# 35+ Sailboat Charter (St. Thomas)



## aharring (Sep 21, 2013)

My wife and I are going to be staying in St Thomas from March 5th to March 11th and are looking to charter a 35 to 40+ foot sailboat (mono-hull preferred but willing to try a catamaran) preferably out of St Thomas but also could take the Ferry to Tortola. The specific dates could be either Sunday February 23nd through Wednesday March 5th (10 nights) or Tuesday March 11th through Thursday March 19th. (9 nights). It will be just be my wife and I on the boat and we are very neat and clean.
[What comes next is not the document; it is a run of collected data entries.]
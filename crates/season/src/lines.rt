// The report of a tally.
ghost use Rattle.std.specs.Prelude.{◌≡◌, ◌≤◌, length};
ghost use Rattle.text.specs.Answers.{room_verdict, printed, text_left};
ghost use Rattle.text.specs.Page.{page, added};
ghost use Rattle.season.specs.Tallies.{numbers};
ghost use Rattle.season.specs.ReportText.{refused_line, refused_lines, worst_line, report_text, report_room};

use crate::{NUMBERS, REPORT_ROOM, Tally, Worst};
use base::Refusal;
use text::give::give;
use text::put::put_line;

// The line of a number that refused so many logs, if it refused any.
#[tactic(auto, unfolding(crate::specs::ReportText::refused_line, text::specs::Lines::ascii, text::specs::Page::added))]
fn put_refused(text: &mut [u8], at: usize, number: u64, count: u64) -> usize
    ensures { page result text.new ≡ added (refused_line number count) (page at text.old) }
{
    if count == 0 {
        return at;
    }
    put_line(text, at, b"refused", &[number, count])
}

// Those of all numbers.
fn put_counts(text: &mut [u8], at: usize, refused: &[u64]) -> usize
    requires { length refused.now ≡ numbers }
    ensures { page result text.new ≡ added (refused_lines refused.now numbers) (page at text.old) }
{
    let mut to = at;
    for k in 0..NUMBERS {
        to = put_refused(text, to, k as u64, refused[k]);
    }
    to
}

// The worst log, if there is one.
#[tactic(auto, unfolding(crate::specs::ReportText::worst_line, text::specs::Lines::ascii, text::specs::Page::added))]
fn put_worst(text: &mut [u8], at: usize, worst: Worst) -> usize
    ensures { page result text.new ≡ added (worst_line worst) (page at text.old) }
{
    if worst.place == 0 {
        return at;
    }
    put_line(
        text,
        at,
        b"worst",
        &[
            worst.place,
            u64::from(worst.running),
            u64::from(worst.least),
        ],
    )
}

// All lines, at the front of a text.
fn put_report(text: &mut [u8], tally: Tally) -> usize
    ensures text_after { page result text.new ≡ added (report_text tally) (page 0 text.old) }
    ensures tally_len_bound { length (report_text tally) ≤ report_room }
{
    let a = put_line(text, 0, b"accepted", &[tally.accepted]);
    let b = put_counts(text, a, &tally.refused);
    let c = put_line(text, b, b"least", &[tally.least]);
    let d = put_line(text, c, b"running", &[tally.running]);
    put_worst(text, d, tally.worst)
}

// The report of a tally and zeros after it; refused with 31, the text as it was.
pub fn summary(tally: Tally, text: &mut [u8]) -> Result<u64, Refusal>
    ensures value { result ≡ printed (room_verdict (report_text tally) (length text.old)) (report_text tally) }
    ensures text_after { text.new ≡ text_left (report_text tally) text.old }
    ensures tally_len_bound { length (report_text tally) ≤ report_room }
{
    let mut page = [0u8; REPORT_ROOM];
    let n = put_report(&mut page, tally);
    give(&page[..n], text)
}
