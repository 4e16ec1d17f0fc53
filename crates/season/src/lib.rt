// The season: a tally of logs that come end to end in pieces of any size, and its report (02's Req 12).
#![tactic(auto)]

mod bills;
mod feeding;
mod lines;
mod steps;

use base::Verdict;
pub use feeding::{feed, finish};
pub use lines::summary;
use request_log::LOG_ROOM;
pub use steps::{begin, step};

// The log with the largest ratio of running to least cost: its place in the input from 1, and both costs; the place is 0 where there is none.
#[derive(Clone, Copy, Debug, PartialEq, Eq)]
pub struct Worst {
    pub place: u64,
    pub running: u32,
    pub least: u32,
}

// How many logs were met, accepted, and refused by each number; the totals of least and running cost over the accepted ones; the worst of
// them; and whether the report has ended.
#[derive(Clone, Copy, Debug, PartialEq, Eq)]
pub struct Tally {
    pub logs: u64,
    pub accepted: u64,
    pub refused: [u64; NUMBERS],
    pub least: u64,
    pub running: u64,
    pub worst: Worst,
    pub over: bool,
}

// The tally of the logs so far, and how many bytes of the next log are held in the room that is lent with it.
#[derive(Clone, Copy, Debug, PartialEq, Eq)]
pub struct Season {
    pub tally: Tally,
    pub held: u64,
}

// The season after a piece, or as it was where the piece was refused.
#[derive(Clone, Copy, Debug, PartialEq, Eq)]
pub struct Fed {
    pub season: Season,
    pub verdict: Verdict,
}

// So many logs are looked at.
pub const MOST_LOGS: u64 = 4096;

// No report goes on after so many bytes: the logs that are looked at, and one byte more.
pub const MOST_BYTES: u64 = MOST_LOGS * LOG_ROOM as u64 + 1;

// Refusals are counted by their numbers, all below this.
pub const NUMBERS: usize = 46;

// Room for any report: a line for each number, and four others.
pub const REPORT_ROOM: usize = 30 + 32 * NUMBERS + 27 + 29 + 49;
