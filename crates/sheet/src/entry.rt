// How a call on a slot begins: which sheets and slots there are, and who may call.
ghost use Rattle.std.specs.Prelude.{◌≡◌, ◌+◌, ◌*◌, ◌/◌, ◌≤◌, IfErr, IfOk, IfSome, OnOk, is_some, length};
ghost use Rattle.rules.specs.Layout.{slot_length};
ghost use Rattle.rules.specs.Sheet.{length_ok};
ghost use Rattle.rules.specs.Refusals.{says, entry_answer};
ghost use Rattle.rules.specs.Numbers.{refused_with};

use rules::Refusal;
use rules::layout::{IN_USE, MOST_SLOTS, SLOT_WORDS};
use std::ops::Range;

/// Two kinds of number, so that no call's two can be exchanged.
// each a struct of its own, beside one another in every call: so C passes them, and claims name caller.0 and slot.0
#[repr(C)]
#[derive(Clone, Copy, Debug, PartialEq, Eq)]
pub struct Clinic(pub u32);

#[repr(C)]
#[derive(Clone, Copy, Debug, PartialEq, Eq)]
pub struct SlotNumber(pub u32);

/// The words of a sheet of as many slots as there may be.
const MOST_WORDS: usize = MOST_SLOTS * SLOT_WORDS;

/// The number of slots of a sheet of `len` words: P where `len` is 2,824 P for a P from 1 to 64.
// inlined, as are the two that look at the sheet with it: a refused call runs no more than them
#[inline(always)]
pub(crate) fn slot_count(len: usize) -> Option<usize>
    ensures whole { is_some result ≡ length_ok len }
    ensures count { IfSome result (λ p. p ≡ len / slot_length) }
{
    if len < SLOT_WORDS || MOST_WORDS < len {
        return None;
    }
    // 23,764 / 2^26 is a little more than 1 / 2,824: of whole slots it gives their number. With a division in its place
    // a read and its number took 6.2 ns for 5.9
    let p = len * 23764 / 67108864;
    if SLOT_WORDS * p == len { Some(p) } else { None }
}

/// Where a slot's words stand in the sheet, for a call on it: refused with the rows 1, 2, 3 and 14, with which every
/// such call begins. Of the slot it looks at the clinic and, where that is the caller, at the in-use word.
#[inline(always)]
#[tactic(auto, using(crate::proofs::EntryLaws::entry_tests))]
pub(crate) fn slot_range(
    sheet: &[u32],
    caller: Clinic,
    slot: SlotNumber,
) -> Result<Range<usize>, Refusal>
    ensures refusal { IfErr result (λ e. refused_with e ≡ entry_answer sheet.now caller.0 slot.0) }
    ensures entered { OnOk result (says 0 0 ≡ entry_answer sheet.now caller.0 slot.0) }
    ensures start { IfOk result (λ r. r.start ≡ slot_length * slot.0) }
    ensures end { IfOk result (λ r. r.end ≡ slot_length * slot.0 + slot_length) }
    ensures within { IfOk result (λ r. r.end ≤ length sheet.now) }
{
    if slot_count(sheet.len()).is_none() {
        return Err(Refusal::NoSheet);
    }
    // the sheet has whole slots, so one that starts within it is there
    // a product here and where slots are gone through: a method of the number would say no more
    let first = SLOT_WORDS * slot.0 as usize;
    if sheet.len() <= first {
        return Err(Refusal::NoSlot);
    }
    if caller.0 == 0 || caller.0 != sheet[first] {
        return Err(Refusal::NotTheCallers);
    }
    if sheet[first + IN_USE] == 0 {
        return Err(Refusal::NotInUse);
    }
    Ok(first..first + SLOT_WORDS)
}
I have been sailing all my life in the Buzzards Bay area in New England and have chartered several times out of Tortola with SunSail (expensive for only 2 people on one boat). We will likely spend most of our time in Anagada. I have my USCG Captains License and have also sailed many times between Bermuda, St Marten, and Boston. We will only consider vessels that are in top condition and must be clean. Since we will be on vacation no projects please.


----------



## FarCry (Apr 21, 2007)

The two charter companies on St Thomas that I could suggest are Island Yachts Island Yachts U.S. Virgin Islands - Charter Vacations and CYOA CYOA Yacht Charters | US Virgin Islands | St. Thomas. I work during the busy season for CYOA so my preference would be biased towards them. Neither company would have a boat that isn't clean and nothing even close to a "project".


----------